═════ Data for the task
//! A block scalar that may take the next line.

/// A block scalar: the column of the key or dash behind which it stands, none at the root,
/// and the indentation of its content once a line has set it.
#[derive(Clone, Copy, Drop)]
pub struct Scalar {
    pub parent: Option<usize>,
    pub indent: Option<usize>,
    pub folded: bool,
}
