//! Tests of what stands between a row and a notice: readings, sums, burn rates, alerts; `budget`.
//! Stands on the crates from `slice_method` up to `notice_box` and on `budget`, as users call them.
//! Promises nothing by itself: each expected value was worked out apart from the code.
#![tactic(auto)]

#[cfg(test)]
mod added_events;
#[cfg(test)]
mod alert_lines;
#[cfg(test)]
mod budget_pieces;
#[cfg(test)]
mod burn_rates;
#[cfg(test)]
mod counted_minutes;
#[cfg(test)]
mod expectations;
#[cfg(test)]
mod kept_samples;
#[cfg(test)]
mod leaf_pages;
#[cfg(test)]
mod notices;
#[cfg(test)]
mod readings;
#[cfg(test)]
mod row_words;
#[cfg(test)]
mod sums_of_windows;
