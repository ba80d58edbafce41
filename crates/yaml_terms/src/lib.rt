//! The words of OpenSLO's documents: nodes and their spellings, and which text stands for which.
//! Stands on the limits of the office.
//! Promises, with each definition, what the crates above read and write.
#![tactic(auto)]

mod node;
mod part;
mod profile_fault;
mod scalar;
mod short_text;
mod spelling;
mod style;
mod text;
mod yaml_fault;

pub use node::{MAX_DEPTH, Node, Nodes, Pairs, is_scalar};
pub use part::Part;
pub use profile_fault::{ProfileFault, earlier};
pub use scalar::Scalar;
pub use spelling::{FieldKey, Spelling};
pub use style::{Chomping, Style};
pub use text::ScalarText;
pub use yaml_fault::YamlFault;
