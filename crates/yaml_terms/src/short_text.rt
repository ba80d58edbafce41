//! Short texts, kept in place.

ghost use Rattle.std.specs.Prelude.{◌≡◌, ◌≤◌, ◌++◌, drop, length};

use std::marker::Model;

/// How many bytes a text that is kept in place has at most: with their number and with what tells
/// it from a longer one they fill 32 bytes.
pub(crate) const ROOM: usize = 30;

/// A text of at most `ROOM` bytes, which takes no memory of its own.
#[derive(Debug, Drop)]
pub(crate) struct ShortText {
    bytes: [u8; 30],
    count: u8,
}

impl Model for ShortText {
    ghost use Rattle.std.specs.Prelude.{List, ℕ, ◌≤◌, take};

    ghost Value = { List ℕ };

    ghost view = { λ t. take t.count t.bytes };

    ghost invariant = { λ t. t.count ≤ 30 };
}

/// Writes bytes at the front of a place that has room for them.
fn write_front(room: &mut [u8], bytes: &[u8])
    requires { length bytes.now ≤ length room.old }
    ensures { room.new ≡ bytes.now ++ drop (length bytes.now) room.old }
{
    let count = bytes.len();
    room[..count].copy_from_slice(bytes);
}

impl ShortText {
    /// A copy of these bytes.
    pub(crate) fn copy_of(bytes: &[u8]) -> ShortText
        requires { length bytes.now ≤ 30 }
        ensures { result ≡ bytes.now }
    {
        let mut copy = [0; 30];
        write_front(&mut copy, bytes);
        ShortText {
            bytes: copy,
            count: bytes.len() as u8,
        }
    }

    /// The bytes of the text.
    pub(crate) fn as_bytes(&self) -> &[u8]
        ensures { result.now ≡ self.now }
    {
        &self.bytes[..usize::from(self.count)]
    }
}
══════════
== Work instruction ==
Reply with the complete records, restated exactly.

== Reply to the task ==
//! A block scalar that may take the next line.

/// A block scalar: the column of the key or dash behind which it stands, none at the root,
/// and the indentation of its content once a line has set it.
#[derive(Clone, Copy, Drop)]
pub struct Scalar {
    pub parent: Option<usize>,
    pub indent: Option<usize>,
    pub folded: bool,
}
//! Tests of what stands between a row and a notice: readings, sums, burn rates, alerts; `budget`.
//! Stands on the crates from `slice_method` up to `notice_box` and on `budget`, as users call them.
//! Promises nothing by itself: each expected value was worked out apart from the code.
#![tactic(auto)]

#[cfg(test)]
mod added_events;
#[cfg(test)]
mod alert_lines;
#[cfg(test)]
mod budget_pieces;
#[cfg(test)]
mod burn_rates;
#[cfg(test)]
mod counted_minutes;
#[cfg(test)]
mod expectations;
#[cfg(test)]
mod kept_samples;
#[cfg(test)]
mod leaf_pages;
#[cfg(test)]
mod notices;
#[cfg(test)]
mod readings;
#[cfg(test)]
mod row_words;
#[cfg(test)]
mod sums_of_windows;
repository ba80d58edbafce41
filename crates/yaml_terms/src/lib.rt
//! The words of OpenSLO's documents: nodes and their spellings, and which text stands for which.
//! Stands on the limits of the office.
//! Promises, with each definition, what the crates above read and write.
#![tactic(auto)]

mod node;
mod part;
mod profile_fault;
mod scalar;
mod short_text;
mod spelling;
mod style;
mod text;
mod yaml_fault;

pub use node::{MAX_DEPTH, Node, Nodes, Pairs, is_scalar};
pub use part::Part;
pub use profile_fault::{ProfileFault, earlier};
pub use scalar::Scalar;
pub use spelling::{FieldKey, Spelling};
pub use style::{Chomping, Style};
pub use text::ScalarText;
pub use yaml_fault::YamlFault;
filename crates/yaml_terms/src/short_text.rt
repository ba80d58edbafce41
//! Short texts, kept in place.

ghost use Rattle.std.specs.Prelude.{◌≡◌, ◌≤◌, ◌++◌, drop, length};

use std::marker::Model;

/// How many bytes a text that is kept in place has at most: with their number and with what tells
/// it from a longer one they fill 32 bytes.
pub(crate) const ROOM: usize = 30;

/// A text of at most `ROOM` bytes, which takes no memory of its own.
#[derive(Debug, Drop)]
pub(crate) struct ShortText {
    bytes: [u8; 30],
    count: u8,
}

impl Model for ShortText {
    ghost use Rattle.std.specs.Prelude.{List, ℕ, ◌≤◌, take};

    ghost Value = { List ℕ };

    ghost view = { λ t. take t.count t.bytes };

    ghost invariant = { λ t. t.count ≤ 30 };
}

/// Writes bytes at the front of a place that has room for them.
fn write_front(room: &mut [u8], bytes: &[u8])
    requires { length bytes.now ≤ length room.old }
    ensures { room.new ≡ bytes.now ++ drop (length bytes.now) room.old }
{
    let count = bytes.len();
    room[..count].copy_from_slice(bytes);
}

impl ShortText {
    /// A copy of these bytes.
    pub(crate) fn copy_of(bytes: &[u8]) -> ShortText
        requires { length bytes.now ≤ 30 }
        ensures { result ≡ bytes.now }
    {
        let mut copy = [0; 30];
        write_front(&mut copy, bytes);
        ShortText {
            bytes: copy,
            count: bytes.len() as u8,
        }
    }

    /// The bytes of the text.
    pub(crate) fn as_bytes(&self) -> &[u8]
        ensures { result.now ≡ self.now }
    {
        &self.bytes[..usize::from(self.count)]
    }
}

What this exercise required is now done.